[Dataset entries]

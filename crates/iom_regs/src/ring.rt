ghost use Rattle.std.specs.Prelude.{◌≡◌, ◌+◌, ◌*◌, ◌%◌, ◌^◌, ◌<◌, ◌≤◌, ◌/◌};
ghost use Rattle.iom_bits.specs.Bits.{with_bit};
ghost use Rattle.iom_regs.specs.Table.{entries_of, is_busy, is_off, is_on};

use crate::flags::{with_high, with_low};
use crate::layout::{BUSY, ON};
use iom_bits::{field, has_bit, with_field};

/// The registers of one queue, as they are read: those of the command queue (CQ) or of the fault queue (FQ).
#[derive(Clone, Copy)]
pub struct Ring {
    /// cqb or fqb: in bits 4:0 LOG2SZ-1, in bits 53:10 the PPN of its first byte, a physical address divided by 4096.
    pub base: u64,
    /// cqh or fqh: the index of the first entry, below the number of entries.
    pub head: u64,
    /// cqt or fqt: the index after the last entry, below the number of entries.
    pub tail: u64,
    /// cqcsr or fqcsr, 32 bits.
    pub control: u64,
}

/// How many entries a queue of this base has: 2^(LOG2SZ-1 + 1), from 2 to 2^32.
#[tactic(auto, using(crate::proofs::Shifts::entries_shifted))]
pub fn entries(base: u64) -> u64
    ensures value { result ≡ entries_of base }
    ensures some { 0 < result }
    ensures most { result ≤ 2 ^ 32 }
{
    2 << field(base, 0, 5)
}

impl Ring {
    ghost use Rattle.iom_regs.specs.Rings.{with_base};

    /// The registers of a queue at reset: all are 0, and the queue is off.
    pub fn reset() -> Self
        ensures { result ≡ record { base = 0; head = 0; tail = 0; control = 0 } }
    {
        Ring {
            base: 0,
            head: 0,
            tail: 0,
            control: 0,
        }
    }

    /// Whether the queue is on: cqon or fqon, bit 16 of its control and status.
    pub fn is_on(&self) -> bool
        ensures { result ≡ is_on self.now.control }
    {
        field(self.control, ON, 1) == 1
    }

    /// Whether it is neither enabled nor on nor busy.
    pub fn is_off(&self) -> bool
        ensures { result ≡ is_off self.now.control }
    {
        !has_bit(self.control, 0) && !self.is_on() && !self.is_busy()
    }

    /// Whether its control and status is busy, by bit 17 of it: a write of it isn't carried out yet.
    pub fn is_busy(&self) -> bool
        ensures { result ≡ is_busy self.now.control }
    {
        has_bit(self.control, BUSY)
    }

    /// Writes cqb or fqb. A queue that is on or busy keeps its base; else the reserved bits stay 0, and head and tail are taken modulo
    /// the new number of entries.
    pub fn set_base(&mut self, value: u64)
        ensures { self.new ≡ with_base value self.old }
    {
        if !self.is_on() && !self.is_busy() {
            let entries = entries(value);
            self.base = field(value, 0, 5) + (field(value, 10, 44) << 10);
            self.head %= entries;
            self.tail %= entries;
        }
    }

    /// Writes the low 32 bits of the base, below 2^32, by the rule of `set_base`.
    pub fn set_base_low(&mut self, value: u64)
        requires { value < 2 ^ 32 }
        ensures { self.new
            ≡ with_base (value + 2 ^ 32 * (self.old.base / 2 ^ 32)) self.old }
    {
        let base = with_low(self.base, value);
        self.set_base(base);
    }

    /// Writes the high 32 bits of the base, below 2^32, by the rule of `set_base`.
    pub fn set_base_high(&mut self, value: u64)
        requires { value < 2 ^ 32 }
        ensures { self.new
            ≡ with_base (self.old.base % 2 ^ 32 + 2 ^ 32 * value) self.old }
    {
        let base = with_high(self.base, value);
        self.set_base(base);
    }

    /// Writes cqh or fqh: the number modulo the number of entries.
    pub fn set_head(&mut self, value: u64)
        ensures { self.new ≡ record self.old { head = value % entries_of self.old.base } }
    {
        self.head = value % entries(self.base);
    }

    /// Writes cqt or fqt: the number modulo the number of entries.
    pub fn set_tail(&mut self, value: u64)
        ensures { self.new ≡ record self.old { tail = value % entries_of self.old.base } }
    {
        self.tail = value % entries(self.base);
    }

    /// Sets bit `bit`, below 64, of the queue's control and status.
    pub fn raise(&mut self, bit: u32)
        requires { bit < 64 }
        ensures { self.new ≡ record self.old { control = with_bit self.old.control bit } }
    {
        self.control = with_field(self.control, bit, 1, 1);
    }
}
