//! The vectors of interrupts by message.

ghost use Rattle.std.specs.Prelude.{◌≡◌, ◌<◌, ◌^◌};
ghost use Rattle.iom_regs.specs.Offers.{vector_count};
ghost use Rattle.iom_regs.specs.Table.{controlled};
ghost use Rattle.iom_regs.specs.Vectors.{are_kept, blank, is_kept, is_vector, msi_addr_of, table_room, vector_at};

use iom_bits::{Features, Vectors, field};

/// How many vectors the table has room for.
pub const TABLE_ROOM: usize = 4;

/// A vector of interrupts by message ("MSI configuration table (msi_cfg_tbl)").
#[derive(Clone, Copy, PartialEq)]
pub struct MsiVector {
    /// msi_addr: the physical address at which a message is written, bits 55:2.
    pub addr: u64,
    /// msi_data: the four bytes of a message, the lowest first.
    pub value: u32,
    /// M of msi_vec_ctl: its messages are kept back.
    pub masked: bool,
    /// Whether it owes a message: an interrupt was raised while it was masked.
    pub owed: bool,
}

/// A vector as at reset.
pub const BLANK: MsiVector = MsiVector {
    addr: 0,
    value: 0,
    masked: false,
    owed: false,
};

impl MsiVector {
    /// The vector after a write of msi_vec_ctl that masks it or not. One that isn't masked owes no message.
    pub fn controlled(self, value: u64) -> MsiVector
        ensures { result ≡ controlled value self }
    {
        let masked = iom_bits::has_bit(value, 0);
        MsiVector {
            masked,
            owed: self.owed && masked,
            ..self
        }
    }

    // Whether it may be the vector of number `x`.
    fn is_kept(self, features: Features, x: u64) -> bool
        ensures { result ≡ is_kept features x self }
    {
        if is_vector(features, x) {
            msi_addr(self.addr) == self.addr
        } else {
            self.addr == 0 && self.value == 0 && !self.masked && !self.owed
        }
    }
}

/// msi_addr after a write of `value`.
pub fn msi_addr(value: u64) -> u64
    ensures { result ≡ msi_addr_of value }
{
    field(value, 2, 54) << 2
}

// How many vectors there are.
fn count(vectors: Vectors) -> u64
    ensures { result ≡ vector_count vectors }
{
    match vectors {
        Vectors::One => 1,
        Vectors::Two => 2,
        Vectors::Four => 4,
    }
}

/// Whether there is a vector of number `x`: interrupts may be messages, and icvec can choose it.
pub fn is_vector(features: Features, x: u64) -> bool
    ensures there { result ≡ is_vector features x }
{
    features.has_messages() && x < count(features.vectors())
}

/// The vector of number `x` of a table; one that isn't there is as at reset.
pub fn vector_at(table: &[MsiVector; 4], x: u64) -> MsiVector
    ensures { result ≡ vector_at table.now x }
{
    if x < 4 { table[x as usize] } else { BLANK }
}

/// Whether these may be the vectors of an IOMMU with these features.
pub fn are_kept(features: Features, table: &[MsiVector; 4]) -> bool
    ensures { result ≡ are_kept features 0 table.now }
{
    let [first, second, third, fourth] = *table;
    first.is_kept(features, 0)
        && second.is_kept(features, 1)
        && third.is_kept(features, 2)
        && fourth.is_kept(features, 3)
}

▶ [WHAT IS NEEDED] Look through the records for the string "Whether". Copy every line that has it.

▶ [ANSWER BOX]
    /// Whether the queue is on: cqon or fqon, bit 16 of its control and status.
    /// Whether it is neither enabled nor on nor busy.
    /// Whether its control and status is busy, by bit 17 of it: a write of it isn't carried out yet.
    /// Whether it owes a message: an interrupt was raised while it was masked.
    // Whether it may be the vector of number `x`.
/// Whether there is a vector of number `x`: interrupts may be messages, and icvec can choose it.
/// Whether these may be the vectors of an IOMMU with these features.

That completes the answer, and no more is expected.